Requirement:
Return exactly those lines of the material below that fall between the line holding "nothing was committed." and the line holding "(λ layer. option_map", inclusive.

Input for this task:
>>>>>

//! The command `scores`: the exact-match scores of each two annotators of the project of a file.
ghost use Rattle.std.specs.Prelude.{◌≡◌, ◌≢◌, ◌++◌, ◌∷◌, ◌<◌, ◌≤◌, [], None, Some, IfErr, IfOk, IfSome, IsErrOf, MatchResult, OnOk, filter, length, map, not, option_map, true};
ghost use Rattle.std.specs.Arc.{arc_value};
ghost use Rattle.layer_model.specs.Coherent.{IsCoherent};
ghost use Rattle.named_disks.specs.NamedDisks.{IsIn, KeepsAll, reads_as};
ghost use Rattle.project_machine.specs.History.{after};
ghost use Rattle.project_machine.specs.Machine.{line_of};
ghost use Rattle.project_machine.specs.ProjectState.{annotators, is_annotator, is_curator, is_there, row_in};
ghost use Rattle.project_book.specs.Keeping.{TellsKeeper};
ghost use Rattle.project_commands.specs.Scoring.{NotScored, PrintsScores, ShowsScores, committed_in, committed_layers, layers_on, posted_if};

use crate::commands::{ask, ask_granted, trouble_of};
use crate::showing::curator_in;
use entry_bytes::Person;
use layer_model::Layer;
use layer_rules::well_formed_layers_cohere;
use mark_base::{Bytes, Memory, Slug, Steps};
use match_scores::{Scores, scores_csv};
use named_disks::Disks;
use program_inputs::{Trouble, look_at_project};
use project_book::{Book, BookRefusal, DocLine, DocList, Reply, Request};
use project_journal::Keeper;
use project_machine::states_can_be_restored;
use std::alloc::Global;
use std::sync::Arc;
use std::sync::ledger::Ledger;

/// The names of the annotators among people, in their order.
#[tactic(auto, using(crate::proofs::PostingLemmas::behind_annotator, crate::proofs::PostingLemmas::behind_curator))]
fn annotator_names(alloc: Global, people: &[Person]) -> Result<Vec<Slug>, Memory>
    ensures { IfOk result (λ names. names.items ≡ map (λ person. person.name) (filter (λ person. not person.curator) people.now)) }
{
    let mut names = Vec::new(alloc);
    for person in people {
        if !person.curator {
            names.push(person.name.copy()?)?;
        }
    }
    Ok(names)
}

/// The documents of a project, as a caller reads them.
fn list_documents<K: Keeper, G: Ledger>(
    project: &mut Book<K>,
    caller: &Slug,
    steps: &mut Steps<G>,
) -> Result<DocList, Trouble>
    requires { is_curator (after project.old.log) caller.now ≡ true }
    ensures listed { IfOk result (λ lines. lines ≡ map line_of (after project.old.log).documents) }
    ensures still { OnOk result (project.new.log ≡ project.old.log) }
    ensures refused { IfErr result (λ trouble. trouble ≡ Trouble.Memory) }
    ensures keeper { TellsKeeper K.faults K.faultless project.old.keeper project.new.keeper (IsErrOf result Trouble.DiskFailed) }
    ensures certain { K.doubt project.old.keeper ≡ None → OnOk result (K.doubt project.new.keeper ≡ None) }
    ensures no_file { IfErr result (λ trouble. trouble ≢ Trouble.FileFailed) }
    ensures no_read { IfErr result (λ trouble. trouble ≢ Trouble.ReadFault) }
    ensures no_write { IfErr result (λ trouble. trouble ≢ Trouble.WriteFault) }
    ensures no_use { IfErr result (λ trouble. trouble ≢ Trouble.DiskInUse) }
{
    match ask_granted(project, caller, Request::ListDocs, steps)? {
        Reply::Docs(lines) => Ok(lines),
        _ => unreachable!(),
    }
}

/// The committed layer of an annotator on a document, as a caller reads it, or none where nothing was committed.
fn committed_layer<K: Keeper, G: Ledger>(
    project: &mut Book<K>,
    caller: &Slug,
    doc: Slug,
    who: Slug,
    steps: &mut Steps<G>,
) -> Result<Option<Arc<Layer>>, Trouble>
    requires curates { is_curator (after project.old.log) caller.now ≡ true }
    requires there { is_there (after project.old.log) doc ≡ true }
    requires annotates { is_annotator (after project.old.log) who ≡ true }
    ensures committed { IfOk result (λ layer. option_map arc_value layer ≡ committed_in (row_in (after project.old.log) doc who)) }
    ensures whole { IfOk result (λ layer. IfSome layer (λ it. IsCoherent (arc_value it))) }
    ensures still { OnOk result (project.new.log ≡ project.old.log) }
    ensures refused { IfErr result (λ trouble. trouble ≡ Trouble.Memory) }
    ensures keeper { TellsKeeper K.faults K.faultless project.old.keeper project.new.keeper (IsErrOf result Trouble.DiskFailed) }
    ensures certain { K.doubt project.old.keeper ≡ None → OnOk result (K.doubt project.new.keeper ≡ None) }
    ensures no_file { IfErr result (λ trouble. trouble ≢ Trouble.FileFailed) }
    ensures no_read { IfErr result (λ trouble. trouble ≢ Trouble.ReadFault) }
    ensures no_write { IfErr result (λ trouble. trouble ≢ Trouble.WriteFault) }
    ensures no_use { IfErr result (λ trouble. trouble ≢ Trouble.DiskInUse) }
{
    well_formed_layers_cohere();
    match ask(project, caller, Request::ReadLayer { doc, who }, steps) {
        Reply::Layer(layer, _doc, _conf) => {
            layer.keeps();
            Ok(Some(layer))
        }
        Reply::Refused(refusal, named) => match refusal {
            BookRefusal::NoLayer => Ok(None),
            refusal => Err(trouble_of(refusal, named)),
        },
        _ => unreachable!(),
    }
}

/// Posts the committed layer of an annotator on a document, if there is one, where none stands.
fn post_layer<K: Keeper, G: Ledger>(
    project: &mut Book<K>,
    caller: &Slug,
    name: &Slug,
    who: &Slug,
    scores: &mut Scores,
    doc: u32,
    rater: u8,
    steps: &mut Steps<G>,
) -> Result<(), Trouble>
    requires curates { is_curator (after project.old.log) caller.now ≡ true }
    requires there { is_there (after project.old.log) name.now ≡ true }
    requires annotates { is_annotator (after project.old.log) who.now ≡ true }
    requires doc_in { doc < length scores.old.documents }
    requires rater_in { rater < scores.old.raters }
    ensures posted { OnOk result (scores.new ≡ posted_if scores.old doc rater (committed_in (row_in (after project.old.log) name.now who.now))) }
    ensures still { OnOk result (project.new.log ≡ project.old.log) }
    ensures refused { IfErr result (λ trouble. trouble ≡ Trouble.Memory) }
    ensures keeper { TellsKeeper K.faults K.faultless project.old.keeper project.new.keeper (IsErrOf result Trouble.DiskFailed) }
    ensures certain { K.doubt project.old.keeper ≡ None → OnOk result (K.doubt project.new.keeper ≡ None) }
    ensures no_file { IfErr result (λ trouble. trouble ≢ Trouble.FileFailed) }
    ensures no_read { IfErr result (λ trouble. trouble ≢ Trouble.ReadFault) }
    ensures no_write { IfErr result (λ trouble. trouble ≢ Trouble.WriteFault) }
    ensures no_use { IfErr result (λ trouble. trouble ≢ Trouble.DiskInUse) }
{
    let named = name.copy()?;
    let owner = who.copy()?;
    let found = match committed_layer(project, caller, named, owner, steps) {
        Ok(found) => found,
        Err(why) => return Err(why),
    };
    if let Some(layer) = found {
        scores.post(doc, rater, &layer)?;
    }
    Ok(())
}

/// Posts the committed layers of a document, as a caller reads them, on a document more.
fn post_document<K: Keeper, G: Ledger>(
    project: &mut Book<K>,
    caller: &Slug,
    name: &Slug,
    names: &[Slug],
    scores: &mut Scores,
    steps: &mut Steps<G>,
) -> Result<(), Trouble>
    requires curates { is_curator (after project.old.log) caller.now ≡ true }
    requires there { is_there (after project.old.log) name.now ≡ true }
    requires room { length scores.old.documents < 4096 }
    requires raters { scores.old.raters ≡ length names.now }
    requires named { names.now ≡ annotators (after project.old.log) }
    ensures posted { OnOk result (scores.new ≡ record scores.old { documents = scores.old.documents ++ layers_on (after project.old.log) name.now ∷ [] }) }
    ensures still { OnOk result (project.new.log ≡ project.old.log) }
    ensures refused { IfErr result (λ trouble. trouble ≡ Trouble.Memory) }
    ensures keeper { TellsKeeper K.faults K.faultless project.old.keeper project.new.keeper (IsErrOf result Trouble.DiskFailed) }
    ensures certain { K.doubt project.old.keeper ≡ None → OnOk result (K.doubt project.new.keeper ≡ None) }
    ensures no_file { IfErr result (λ trouble. trouble ≢ Trouble.FileFailed) }
    ensures no_read { IfErr result (λ trouble. trouble ≢ Trouble.ReadFault) }
    ensures no_write { IfErr result (λ trouble. trouble ≢ Trouble.WriteFault) }
    ensures no_use { IfErr result (λ trouble. trouble ≢ Trouble.DiskInUse) }
{
    let doc = scores.admit()?;
    for rater in 0..scores.raters() {
        let who = &names[rater as usize];
        post_layer(project, caller, name, who, scores, doc, rater, steps)?;
    }
    Ok(())
}

/// Posts the committed layers of these documents, as a caller reads them.
fn post_documents<K: Keeper, G: Ledger>(
    alloc: Global,
    project: &mut Book<K>,
    caller: &Slug,
    lines: &[DocLine],
    names: &[Slug],
    steps: &mut Steps<G>,
) -> Result<Scores, Trouble>
    requires curates { is_curator (after project.old.log) caller.now ≡ true }
    requires listed { lines.now ≡ map line_of (after project.old.log).documents }
    requires few { length lines.now ≤ 4096 }
    requires raters { length names.now ≤ 16 }
    requires named { names.now ≡ annotators (after project.old.log) }
    ensures posted { IfOk result (λ scores. scores ≡ record { raters = length names.now; documents = map (λ line. layers_on (after project.old.log) line.name) lines.now }) }
    ensures still { OnOk result (project.new.log ≡ project.old.log) }
    ensures refused { IfErr result (λ trouble. trouble ≡ Trouble.Memory) }
    ensures keeper { TellsKeeper K.faults K.faultless project.old.keeper project.new.keeper (IsErrOf result Trouble.DiskFailed) }
    ensures certain { K.doubt project.old.keeper ≡ None → OnOk result (K.doubt project.new.keeper ≡ None) }
    ensures no_file { IfErr result (λ trouble. trouble ≢ Trouble.FileFailed) }
    ensures no_read { IfErr result (λ trouble. trouble ≢ Trouble.ReadFault) }
    ensures no_write { IfErr result (λ trouble. trouble ≢ Trouble.WriteFault) }
    ensures no_use { IfErr result (λ trouble. trouble ≢ Trouble.DiskInUse) }
{
    let mut scores = Scores::new(alloc, names.len() as u8)?;
    for line in lines {
        post_document(project, caller, &line.name, names, &mut scores, steps)?;
    }
    Ok(scores)
}

/// The scores of a project over its committed layers, as a caller reads them.
fn read_scores<K: Keeper, G: Ledger>(
    alloc: Global,
    project: &mut Book<K>,
    caller: &Slug,
    names: &[Slug],
    steps: &mut Steps<G>,
) -> Result<Scores, Trouble>
    requires curates { is_curator (after project.old.log) caller.now ≡ true }
    requires named { names.now ≡ annotators (after project.old.log) }
    ensures posted { IfOk result (λ scores. scores ≡ committed_layers (after project.old.log)) }
    ensures still { OnOk result (project.new.log ≡ project.old.log) }
    ensures refused { IfErr result (λ trouble. trouble ≡ Trouble.Memory) }
    ensures keeper { TellsKeeper K.faults K.faultless project.old.keeper project.new.keeper (IsErrOf result Trouble.DiskFailed) }
    ensures certain { K.doubt project.old.keeper ≡ None → OnOk result (K.doubt project.new.keeper ≡ None) }
    ensures no_file { IfErr result (λ trouble. trouble ≢ Trouble.FileFailed) }
    ensures no_read { IfErr result (λ trouble. trouble ≢ Trouble.ReadFault) }
    ensures no_write { IfErr result (λ trouble. trouble ≢ Trouble.WriteFault) }
    ensures no_use { IfErr result (λ trouble. trouble ≢ Trouble.DiskInUse) }
{
    states_can_be_restored();
    project.keeps();
    let lines = match list_documents(project, caller, steps) {
        Ok(lines) => lines,
        Err(why) => return Err(why),
    };
    match post_documents(alloc, project, caller, lines.items(), names, steps) {
        Ok(scores) => Ok(scores),
        Err(why) => Err(why),
    }
}

/// The table of scores of a project, as its first curator reads the layers.
fn scores_here<K: Keeper, G: Ledger>(
    alloc: Global,
    project: &mut Book<K>,
    steps: &mut Steps<G>,
) -> Result<Bytes, Trouble>
    ensures shown { IfOk result (λ bytes. ShowsScores project.old.log bytes project.new.log) }
    ensures refused { IfErr result (λ trouble. trouble ≡ Trouble.Memory) }
    ensures keeper { TellsKeeper K.faults K.faultless project.old.keeper project.new.keeper (IsErrOf result Trouble.DiskFailed) }
    ensures certain { K.doubt project.old.keeper ≡ None → OnOk result (K.doubt project.new.keeper ≡ None) }
    ensures no_file { IfErr result (λ trouble. trouble ≢ Trouble.FileFailed) }
    ensures no_read { IfErr result (λ trouble. trouble ≢ Trouble.ReadFault) }
    ensures no_write { IfErr result (λ trouble. trouble ≢ Trouble.WriteFault) }
    ensures no_use { IfErr result (λ trouble. trouble ≢ Trouble.DiskInUse) }
{
    let caller = curator_in(project)?;
    let names = annotator_names(alloc, project.roster().people())?;
    let scores = match read_scores(alloc, project, &caller, &names, steps) {
        Ok(scores) => scores,
        Err(why) => return Err(why),
    };
    let table = scores_csv(alloc, &names, &scores)?;
    Ok(table)
}

/// `scores BOOK`: reads the project of a file as it stands, and gives the scores of each two annotators over all their committed layers,
/// ignored or not, as the first curator by name reads them. Cost: reading the project, and posting each committed layer.
pub fn show_scores<D: Disks, G: Ledger>(
    alloc: Global,
    book: &str,
    disks: &mut D,
    steps: &mut Steps<G>,
) -> Result<Bytes, Trouble>
    requires { IsIn (D.out disks.old) book.now }
    ensures told { MatchResult result (PrintsScores (reads_as (D.stored disks.old) book.now)) (NotScored (reads_as (D.stored disks.old) book.now)) }
    ensures kept { KeepsAll (D.stored disks.old) (D.out disks.old) (D.stored disks.new) (D.out disks.new) }
    ensures stays { D.faultless disks.old → D.faultless disks.new }
    ensures never { D.faultless disks.old → IsErrOf result Trouble.DiskFailed → ⊥ }
    ensures free { D.faultless disks.old → IsErrOf result Trouble.DiskInUse → ⊥ }
    ensures no_file { IfErr result (λ trouble. trouble ≢ Trouble.FileFailed) }
    ensures no_read { IfErr result (λ trouble. trouble ≢ Trouble.ReadFault) }
    ensures no_write { IfErr result (λ trouble. trouble ≢ Trouble.WriteFault) }
{
    let mut project = look_at_project(alloc, disks, book)?;
    match scores_here(alloc, &mut project, steps) {
        Ok(table) => Ok(table),
        Err(why) => Err(why),
    }
}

<<<<<

Expected output:
/// The committed layer of an annotator on a document, as a caller reads it, or none where nothing was committed.
fn committed_layer<K: Keeper, G: Ledger>(
    project: &mut Book<K>,
    caller: &Slug,
    doc: Slug,
    who: Slug,
    steps: &mut Steps<G>,
) -> Result<Option<Arc<Layer>>, Trouble>
    requires curates { is_curator (after project.old.log) caller.now ≡ true }
    requires there { is_there (after project.old.log) doc ≡ true }
    requires annotates { is_annotator (after project.old.log) who ≡ true }
    ensures committed { IfOk result (λ layer. option_map arc_value layer ≡ committed_in (row_in (after project.old.log) doc who)) }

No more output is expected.